The inheritance of this strong black woman characterization was mentioned repeatedly by women interviewed by Tamara Beauboeuf-LaFontant in her book, Behind The Mask of the Strong Black Woman.
During their interviews, women spoke of the ways in which they were socialized by their mothers at a young age to maintain the strong black woman ideal.
Being strong is almost ingrained in you from day one. You know, you don’t cry easily. If something happens, you get up. You don’t cry.

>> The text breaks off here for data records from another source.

ghost use Rattle.std.specs.Prelude.{◌≡◌};
ghost use Rattle.pre_rounds.specs.declared.faults.RoundsFault.TheVariants.{Memory};

use pre_base::{ArcId, Prio, StreamId};
use std::alloc::AllocError;

/// Why the rounds give no certificate.
#[derive(Debug, Drop)]
pub enum RoundsFault {
    /// The streams of the arc want all of its time: the least such arc.
    Overload { arc: ArcId },
    /// In the first round in which a number passes 10^12, the first port, by arc and priority, at which one does.
    Large { arc: ArcId, prio: Prio },
    /// No round up to 1000 is settled. Behind this port, the first by arc and priority, round 1000 and the one after it have
    /// different bursts.
    Unsettled { arc: ArcId, prio: Prio },
    /// The first stream whose bound passes 10^12, and the first hop of its route up to which the ticks do.
    Wide { stream: StreamId, hop: u64 },
    /// The ring of the port has fewer places than it needs: the first such port by arc and priority.
    Ring { arc: ArcId, prio: Prio, need: u64 },
    /// There isn't enough memory.
    Memory,
}

impl From<AllocError> for RoundsFault {
    ghost from_gives = { λ _ e. e ≡ Memory };

    fn from(_error: AllocError) -> RoundsFault {
        RoundsFault::Memory
    }
}
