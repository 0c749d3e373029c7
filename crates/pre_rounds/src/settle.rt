ghost use Rattle.std.specs.Prelude.{◌≡◌, ℕ, ◌+◌, ◌*◌, ◌<◌, ◌≤◌, ◌^◌, length, IfOk, IfErr, OnOk, IfSome, IfNone, false};
ghost use Rattle.pre_bound.specs.Good.{AtPorts};
ghost use Rattle.pre_certify.specs.Loads.{NoOverload};
ghost use Rattle.pre_certify.specs.Tables.{AreWithin};
ghost use Rattle.pre_rounds.specs.Passing.{passes_over, some_differs};
ghost use Rattle.pre_rounds.specs.Settling.{IsFirstPort};
ghost use Rattle.pre_rounds.specs.Causes.{Cause};
ghost use Rattle.pre_rounds.specs.Routed.{AreRouted, AreShort};
ghost use Rattle.pre_rounds.specs.Tables.{bursts_in, HaveDelays, AreSettled};

use crate::RoundsFault;
use crate::ports::{port_over, some_differs};
use crate::tables::{first_table, next_table};
use pre_base::{ArcId, Items, Prio};
use pre_certify::has_port;
use pre_streams::Row;
use pre_topo::Network;
use std::alloc::Global;

/// Rounds 0 to 1000.
const ROUNDS: u64 = 1001;

/// An arc and a priority.
#[derive(Clone, Copy, Debug)]
struct Port {
    arc: ArcId,
    prio: Prio,
}

/// The tables of bursts and delays of a settled round.
#[derive(Debug, Drop)]
pub(crate) struct Settled {
    pub(crate) bursts: Items<u64>,
    pub(crate) delays: Items<u64>,
}

/// Puts the delay of the port at this place, where there is one, into the table: the port, where a number of it passes the
/// limit.
fn put_delay(
    net: &Network,
    rows: &[Row],
    bursts: &[u64],
    delays: &mut Items<u64>,
    place: usize,
) -> Result<(), Port>
    requires few { length rows.now ≤ 512 }
    requires short { AreShort rows.now }
    requires load { NoOverload net.now rows.now }
    requires bursts { AreWithin bursts.now }
    requires within { AreWithin delays.old }
    requires long { length delays.old ≡ length net.now.arcs * 8 }
    requires place { place < length net.now.arcs * 8 }
    requires before { HaveDelays net.now rows.now (bursts_in bursts.now) delays.old place }
    ensures within { OnOk result (AreWithin delays.new) }
    ensures long { length delays.new ≡ length delays.old }
    ensures delays { OnOk result (HaveDelays net.now rows.now (bursts_in bursts.now) delays.new (place + 1)) }
    ensures large { IfErr result (λ e. IsFirstPort net.now rows.now (passes_over net.now rows.now (bursts_in bursts.now)) e.arc.0 e.prio) }
{
    let arc = ArcId((place / 8) as u16);
    let prio = (place % 8) as u8;
    if !has_port(rows, arc, prio) {
        return Ok(());
    }
    match port_over(net, rows, bursts, arc, prio) {
        Some(row) => {
            delays.set(place, row.delay);
            Ok(())
        }
        None => Err(Port {
            arc,
            prio: Prio(prio),
        }),
    }
}

/// Puts the delays of all ports into the table: the first port, where a number passes the limit.
fn put_delays(
    net: &Network,
    rows: &[Row],
    bursts: &[u64],
    delays: &mut Items<u64>,
) -> Result<(), Port>
    requires few { length rows.now ≤ 512 }
    requires short { AreShort rows.now }
    requires load { NoOverload net.now rows.now }
    requires bursts { AreWithin bursts.now }
    requires within { AreWithin delays.old }
    requires long { length delays.old ≡ length net.now.arcs * 8 }
    ensures within { OnOk result (AreWithin delays.new) }
    ensures long { length delays.new ≡ length delays.old }
    ensures delays { OnOk result (HaveDelays net.now rows.now (bursts_in bursts.now) delays.new (length net.now.arcs * 8)) }
    ensures large { IfErr result (λ e. IsFirstPort net.now rows.now (passes_over net.now rows.now (bursts_in bursts.now)) e.arc.0 e.prio) }
{
    for place in 0..net.arcs.len() * 8 {
        put_delay(net, rows, bursts, delays, place)?;
    }
    Ok(())
}

/// The first port behind which the tables have different bursts.
fn first_differing(net: &Network, rows: &[Row], bursts: &[u64], other: &[u64]) -> Option<Port>
    requires few { length rows.now ≤ 512 }
    requires short { AreShort rows.now }
    requires bursts { AreWithin bursts.now }
    requires other { AreWithin other.now }
    ensures some { IfSome result (λ port. IsFirstPort net.now rows.now (some_differs rows.now (bursts_in bursts.now) (bursts_in other.now)) port.arc.0 port.prio) }
    ensures none { IfNone result (AtPorts net.now rows.now (λ arc prio. some_differs rows.now (bursts_in bursts.now) (bursts_in other.now) arc prio ≡ false)) }
{
    for place in 0..net.arcs.len() * 8 {
        let arc = ArcId((place / 8) as u16);
        let prio = (place % 8) as u8;
        if has_port(rows, arc, prio) && some_differs(rows, bursts, other, arc, prio) {
            return Some(Port {
                arc,
                prio: Prio(prio),
            });
        }
    }
    None
}

/// The tables of the first settled round; Large at the first port of an earlier round, or of this one, at which a number
/// passes the limit, and Unsettled where no round is settled.
pub(crate) fn settle(alloc: Global, net: &Network, rows: &[Row]) -> Result<Settled, RoundsFault>
    requires routed { AreRouted net.now rows.now }
    requires load { NoOverload net.now rows.now }
    ensures settled { IfOk result (λ tables. AreSettled net.now rows.now tables.bursts tables.delays) }
    ensures cause { IfErr result (Cause net.now rows.now) }
{
    let mut bursts = first_table(alloc, rows)?;
    let mut delays = Items::from_vec(vec![in alloc; 0; net.arcs.len() * 8]?);
    let (mut arc, mut prio) = (ArcId(0), Prio(0));
    for round in 0..ROUNDS {
        if let Err(port) = put_delays(net, rows, bursts.as_slice(), &mut delays) {
            return Err(RoundsFault::Large {
                arc: port.arc,
                prio: port.prio,
            });
        }
        let next = next_table(alloc, net, rows, bursts.as_slice(), delays.as_slice())?;
        match first_differing(net, rows, bursts.as_slice(), next.as_slice()) {
            Some(port) => {
                arc = port.arc;
                prio = port.prio;
            }
            None => return Ok(Settled { bursts, delays }),
        }
        bursts = next;
    }
    Err(RoundsFault::Unsettled { arc, prio })
}
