/// In a legal history it is decided whether an arc is good and active at a tick, what of each kind there is to begin, and what begins.
pub fn starts_are_decided()
    ensures good { (w : Scenario) (n : ℕ) (h : History) (a t : ℕ) → a < length w.net.arcs → LegalUpTo w n h → Good w h a t ⊎ ¬ Good w h a t }
    ensures active { (w : Scenario) (n : ℕ) (h : History) (a t : ℕ) → a < length w.net.arcs → LegalUpTo w n h → Active w h a t ⊎ ¬ Active w h a t }
    ensures items { (w : Scenario) (n : ℕ) (h : History) (a t : ℕ) → a < length w.net.arcs → LegalUpTo w n h
        → (i : Item) → ((c : Choice) × There w h a t i c) ⊎ ((c : Choice) → ¬ There w h a t i c) }
    ensures rule { (w : Scenario) (n : ℕ) (h : History) (a t : ℕ) → a < length w.net.arcs → LegalUpTo w n h
        → ((c : Choice) × StartRule w h a t c) ⊎ ((c : Choice) → ¬ StartRule w h a t c) }
{}

/// A legal history goes on with the next moment, or that is of an arrival which is an alias. It is decided of each mPacket that
/// ended whether it arrives as one.
pub fn histories_go_on()
    ensures next { (w : Scenario) (n : ℕ) (h : History) → LegalUpTo w n h
        → ((es : List PlainEvent) × Happens w h (moment_at (length w.net.arcs) n) es)
        ⊎ ((t a i : ℕ) × (a < length w.net.arcs) × (n ≡ moment_of w t (Phase.arrivals a)) × ArrivesAsAlias w h t a i) }
    ensures alias { (w : Scenario) (h : History) (a i : ℕ) (b : Begin) (e : Ended) → slice_get (Begins h a) i ≡ Some b → slice_get (Ends h a) i ≡ Some e
        → Alias w h a i ⊎ ¬ Alias w h a i }
{}
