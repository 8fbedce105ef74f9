// The calls on packed integers as C sees them. include/cefdugar.h documents them for C callers.
#![tactic(auto)]

ghost use Rattle.std.specs.Prelude.{◌≡◌};
ghost use Rattle.definitions.specs.Packer.{read_int_call, write_int_at, unpack_call};
ghost use Rattle.format.specs.Totals as Totals;
ghost use Rattle.boundary.specs.Boundary as Boundary;
ghost use Rattle.boundary.specs.Boundary.{status, warnings_of, output};

use boundary::checked::{flag, told};
use format::{WARNING_KINDS, Warnings, row, warned_row};

// Reads the packed integer at a place of src.
#[unsafe(no_mangle)]
pub extern "C" fn cef_read_int(
    src: &[u8],
    at: usize,
    value: &mut i32,
    next: &mut usize,
    warnings: &mut [usize; WARNING_KINDS],
) -> u32
    ensures value { result ≡ status (read_int_call src.now at) }
    ensures value_after { value.new ≡ output (λ x. x.value) value.old (read_int_call src.now at) }
    ensures next_after { next.new ≡ output (λ x. x.next) next.old (read_int_call src.now at) }
    ensures warnings_after { warnings.new ≡ Totals.row (warnings_of (read_int_call src.now at)) }
{
    *warnings = row(Warnings::none());
    match packer::read_int(src, at) {
        Ok(read) => {
            *value = read.value;
            *next = read.next;
            // The compiler omits this test for an integer of one byte.
            if read.overlong {
                *warnings = warned_row(true);
            }
            0
        }
        Err(e) => u32::from(e),
    }
}

// Writes the shortest form of value into out at a place.
#[unsafe(no_mangle)]
pub extern "C" fn cef_write_int(out: &mut [u8], at: usize, value: i32, next: &mut usize) -> u32
    ensures value { result ≡ status (write_int_at out.old at value).answer }
    ensures out_after { out.new ≡ (write_int_at out.old at value).out }
    ensures next_after { next.new ≡ output (λ n. n) next.old (write_int_at out.old at value).answer }
{
    told(packer::write_int(out, at, value), next)
}

// Unpacks all integers of src into the front of out.
#[unsafe(no_mangle)]
pub extern "C" fn cef_unpack(
    src: &[u8],
    out: &mut [i32],
    count: &mut usize,
    cut: &mut u32,
    warnings: &mut [usize; WARNING_KINDS],
) -> u32
    ensures value { result ≡ status (unpack_call src.now out.old).answer }
    ensures out_after { out.new ≡ (unpack_call src.now out.old).out }
    ensures count_after { count.new ≡ output (λ u. u.count) count.old (unpack_call src.now out.old).answer }
    ensures cut_after { cut.new ≡ output (λ u. Boundary.flag u.cut) cut.old (unpack_call src.now out.old).answer }
    ensures warnings_after { warnings.new ≡ Totals.row (warnings_of (unpack_call src.now out.old).answer) }
{
    let u = packer::unpack(src, out);
    *warnings = row(u.warnings);
    match u.answer {
        Ok(read) => {
            *count = read.count;
            *cut = flag(read.cut);
            0
        }
        Err(e) => u32::from(e),
    }
}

You don’t let it bother you”
(pg. 77).
Similarly, the women interviewed by Charisse Jones and Kumea Shorter-Gooden in Shifting expressed that they socialize their daughters at a young age to behave in a manner that will be perceived as respectable by white people, but also help to keep them alive should they run into trouble with authority as they get older.
One participant shared that she did not tolerate the “terrible twos” with her twin girls, and at the age of three, her daughters know how to pick up after themselves, not to play at the dinner table, and do what they are told without excuses or questioning. She described her parenting methods as “strict love” – not necessarily the way she preferred to raise her daughters, but a necessity given the way they would be treated outside the home if they misbehaved or questioned authority.
“As Black people we don’t have the luxury of questioning authority…we’ll always come up short. And when that authority is packing a gun, you’re going to come up dead” (Jones & Shorter-Gooden, 2008, pg. 245).
Since the body is a symbol for all experience and many of these experiences are stored physiologically, unintegrated into the higher processing areas of the brain, living within this system of internalized and external oppression doesn’t just affect the way that black women parent their children. It also affects their physiology.